[Collection entries]
◆ ◆ ◆ ◆ ◆

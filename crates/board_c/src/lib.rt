// A board's two calls for C and Rust, and nothing of the planner's: each answer is flat, a struct of numbers whose unused fields are 0. include/board.h declares them.
#![tactic(auto)]

ghost use Rattle.std.specs.Prelude.{◌≡◌};
ghost use Rattle.model.specs.Board as Board;
ghost use Rattle.flat.specs.Flat.{flat_answer, flat_run};

use board_service::{board, sheet};
use flat::{FlatAnswer, FlatRun};

#[unsafe(no_mangle)]
pub extern "C" fn board_sheet(bytes: &[u8], out: &mut [u8]) -> FlatAnswer
    ensures value { result ≡ flat_answer (Board.rewrite bytes.now out.old).answer }
    ensures out_after { out.new ≡ (Board.rewrite bytes.now out.old).left }
{
    FlatAnswer::from(sheet(bytes, out))
}

#[unsafe(no_mangle)]
pub extern "C" fn board_run(bytes: &[u8], names: &[u8]) -> FlatRun
    ensures { result ≡ flat_run (Board.board_run bytes.now names.now) }
{
    FlatRun::from(board(bytes, names))
}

◆ ◆ ◆ ◆ ◆

TASK DESCRIPTION ▸ Recopy all of the records verbatim.

SOLUTION TO THIS TASK ▸
filename crates/board_c/src/lib.rt
// A board's two calls for C and Rust, and nothing of the planner's: each answer is flat, a struct of numbers whose unused fields are 0. include/board.h declares them.
#![tactic(auto)]

ghost use Rattle.std.specs.Prelude.{◌≡◌};
ghost use Rattle.model.specs.Board as Board;
ghost use Rattle.flat.specs.Flat.{flat_answer, flat_run};

use board_service::{board, sheet};
use flat::{FlatAnswer, FlatRun};

#[unsafe(no_mangle)]
pub extern "C" fn board_sheet(bytes: &[u8], out: &mut [u8]) -> FlatAnswer
    ensures value { result ≡ flat_answer (Board.rewrite bytes.now out.old).answer }
    ensures out_after { out.new ≡ (Board.rewrite bytes.now out.old).left }
{
    FlatAnswer::from(sheet(bytes, out))
}

#[unsafe(no_mangle)]
pub extern "C" fn board_run(bytes: &[u8], names: &[u8]) -> FlatRun
    ensures { result ≡ flat_run (Board.board_run bytes.now names.now) }
{
    FlatRun::from(board(bytes, names))
}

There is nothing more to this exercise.